The Court of Justice of the European Union (EUCJ) is seen as “a highly successful venue in which to seek policy change and many organized interest have long cultivated strategies for targeting it, albeit with varied success” (McCown 2009: 89). While there are hardly any studies concerning choices of combination of lobbying or/and litigation strategies by interest groups in the EU, it is hypothesized that litigation strategies are likely to be pursued by narrowly focused and well resource-endowed interest groups in a situation when the EU fails to produce legislation (Bouwen & McCown 2007).

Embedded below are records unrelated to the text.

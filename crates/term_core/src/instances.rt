// The terms that patterns become when their variables are replaced by terms.
ghost use Rattle.std.specs.Prelude.{ℕ, ◌≡◌, ◌↔◌, ◌+◌, ◌-◌, ◌≤◌, [], length, IfOk, IsTrue, Some};
ghost use Rattle.std.specs.Prelude.{option_map};
ghost use Rattle.term_core.specs.Terms.{injected};
ghost use Rattle.term_core.specs.Forests.{forest, children, size, sizes};
ghost use Rattle.term_core.specs.NormalForms.{norm};
ghost use Rattle.term_core.specs.Patterns.{injection, instance_of, instances_of};
ghost use Rattle.term_core.specs.Instances.{substituted, FitsWithin};
ghost use Rattle.term_core.specs.RulePatterns.{plain_pattern};
ghost use Rattle.term_core.specs.PatternLists.{AllFitWithin, plain_patterns};

use crate::ids::SortId;
use crate::rule_patterns::RulePat;
use crate::steps::Steps;
use crate::subst::Subst;
use crate::terms::{MAX_HEIGHT, Term, View};
use std::alloc::{AllocError, Global};
use std::sync::ledger::Ledger;

/// The term that `pat` becomes under `subst`: the normal form of the pattern with each variable
/// replaced by its term. `fits_within` tests the precondition: `pat` has no call, each of its
/// variables is bound, and the term is not too high. An error: out of memory.
pub fn instance(alloc: Global, pat: &RulePat, subst: &Subst) -> Result<Term, AllocError>
    requires { FitsWithin MAX_HEIGHT subst.now (plain_pattern pat.now) }
    ensures instance { IfOk result (λ t. instance_of subst.now (plain_pattern pat.now) ≡ Some t) }
    ensures norm { IfOk result
        (λ t. option_map norm (substituted subst.now (plain_pattern pat.now)) ≡ Some t) }
{
    // The terms of the substitution are normal. So only the injections of the pattern may have to
    // be joined.
    let _vars = subst.vars();
    build(alloc, pat, subst)
}

// The instance, by the pattern's form.
#[cycle(build)]
fn build(alloc: Global, pat: &RulePat, subst: &Subst) -> Result<Term, AllocError>
    requires { FitsWithin MAX_HEIGHT subst.now (plain_pattern pat.now) }
    ensures { IfOk result (λ t. instance_of subst.now (plain_pattern pat.now) ≡ Some t) }
{
    match pat {
        RulePat::Var(var) => match subst.get(*var) {
            Some(term) => term.share(),
            None => unreachable!(),
        },
        RulePat::Value(sort, value) => Term::value(alloc, *sort, value.share()?),
        RulePat::Ctor(sym, args) => {
            let args = build_all(alloc, args, subst)?;
            Term::ctor(alloc, *sym, args)
        }
        RulePat::Inj(from, to, below) => {
            let child = build(alloc, below, subst)?;
            Term::inj(alloc, *from, *to, &child)
        }
        RulePat::Call(..) => unreachable!(),
    }
}

// The instances of some patterns, which are the arguments of a constructor.
#[cycle(build)]
fn build_all(alloc: Global, pats: &[RulePat], subst: &Subst) -> Result<Vec<Term>, AllocError>
    requires { AllFitWithin (MAX_HEIGHT - 1) subst.now (plain_patterns pats.now) }
    ensures { IfOk result
        (λ ts. instances_of subst.now (plain_patterns pats.now) ≡ Some (forest ts.items)) }
{
    let mut terms = Vec::with_capacity(alloc, pats.len())?;
    for pat in pats {
        terms.push(build(alloc, pat, subst)?)?;
    }
    Ok(terms)
}

/// Whether `pat` has an instance under `subst` whose height is at most `limit`. It allocates no
/// memory. The depth of its recursion is at most `limit` plus the number of injections in a row.
#[cycle(fits_within)]
pub fn fits_within(pat: &RulePat, subst: &Subst, limit: u32) -> bool
    ensures { IsTrue result ↔ FitsWithin limit subst.now (plain_pattern pat.now) }
{
    match pat {
        RulePat::Var(var) => subst.get(*var).is_some_and(|term| term.height() <= limit),
        RulePat::Value(..) => 0 < limit,
        RulePat::Ctor(_, args) => 0 < limit && all_fit_within(args, subst, limit - 1),
        RulePat::Inj(_, _, below) => injection_fits_within(below, subst, limit),
        RulePat::Call(..) => false,
    }
}

// Whether each pattern has an instance whose height is at most `limit`.
#[cycle(fits_within)]
fn all_fit_within(pats: &[RulePat], subst: &Subst, limit: u32) -> bool
    ensures { IsTrue result ↔ AllFitWithin limit subst.now (plain_patterns pats.now) }
{
    for pat in pats {
        if !fits_within(pat, subst, limit) {
            return false;
        }
    }
    true
}

// Whether the injection of the pattern's instance has a height of at most `limit`.
#[cycle(fits_within)]
fn injection_fits_within(pat: &RulePat, subst: &Subst, limit: u32) -> bool
    ensures { (a b : ℕ) → IsTrue result
        ↔ FitsWithin limit subst.now (injection a b (plain_pattern pat.now)) }
{
    match pat {
        RulePat::Var(var) => subst
            .get(*var)
            .is_some_and(|term| term.height_injected() <= limit),
        RulePat::Inj(_, _, below) => injection_fits_within(below, subst, limit),
        _ => 0 < limit && fits_within(pat, subst, limit - 1),
    }
}

/// Whether `term` is the only instance of `pat`. A pattern with a variable or a call has no such
/// term. It allocates no memory, and looks at each value, constructor and injection of the term at
/// most once.
#[cycle(is_instance)]
pub fn is_instance<L: Ledger>(pat: &RulePat, term: &Term, steps: &mut Steps<L>) -> bool
    ensures instance { IsTrue result ↔ (instance_of [] (plain_pattern pat.now) ≡ Some term.now) }
    ensures looks { steps.new ≤ steps.old + size term.now }
{
    match pat {
        RulePat::Var(_) | RulePat::Call(..) => false,
        RulePat::Value(sort, value) => match term.view(steps) {
            View::Value(own_sort, own_value) => *sort == own_sort && value.same(own_value),
            _ => false,
        },
        RulePat::Ctor(sym, args) => match term.view(steps) {
            View::Ctor(own_sym, count) => {
                *sym == own_sym && args.len() == count && are_instances(args, term, steps)
            }
            _ => false,
        },
        RulePat::Inj(from, to, below) => is_injected(*from, *to, below, term, steps),
    }
}

// Whether the children of `term` are the only instances of the patterns, in the same order.
#[cycle(is_instance)]
fn are_instances<L: Ledger>(pats: &[RulePat], term: &Term, steps: &mut Steps<L>) -> bool
    requires { length pats.now ≡ length (children term.now) }
    ensures instances { IsTrue result
        ↔ (instances_of [] (plain_patterns pats.now) ≡ Some (forest (children term.now))) }
    ensures looks { steps.new ≤ steps.old + sizes (forest (children term.now)) }
{
    for (i, pat) in pats.iter().enumerate() {
        if !is_instance(pat, term.child(i), steps) {
            return false;
        }
    }
    true
}

// Whether `term` is the injection of the only instance of `pat`. An injection at the root of `pat`
// is joined with this one.
#[cycle(is_instance)]
fn is_injected<L: Ledger>(
    from: SortId,
    to: SortId,
    pat: &RulePat,
    term: &Term,
    steps: &mut Steps<L>,
) -> bool
    ensures instance { IsTrue result
        ↔ (option_map (injected from.0 to.0) (instance_of [] (plain_pattern pat.now))
        ≡ Some term.now) }
    ensures looks { steps.new ≤ steps.old + size term.now }
{
    if let RulePat::Inj(first, _, below) = pat {
        return is_injected(*first, to, below, term, steps);
    }
    match term.view(steps) {
        View::Inj(own_from, own_to) => from == own_from
            && to == own_to
            && is_instance(pat, term.child(0), steps),
        _ => false,
    }
}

Litigation may empower individuals and groups who are often disadvantaged in their own systems (Cichowski 2007: 6). On the one hand, judicial rulings “may create new rights for individuals or groups that can enable direct access or be utilized by movement activists to make subsequent claims through litigation”; on the other, the EUCJ decisions “may change the rules and procedures in a way that makes the policy process a more open to a particular group” (Cichowski 2007: 11). The EUCJ in its turn benefits from litigation as the clarification and construction of new EU rules is instrumental in strengthening the Court’s position in EU rulemaking (Cichowski 2007). Organised interests use the EUCJ preliminary reference mechanism to challenge national legislation and practices with which they do not agree (McCown 2009: 93). Litigation strategies are often reinforced by lobbying efforts in which groups provide technical expertise to rule-makers, frame policy issues and raise the awareness among new potential litigants (McCown 2009; Cichowski 2007; Bouwen & McCown 2007).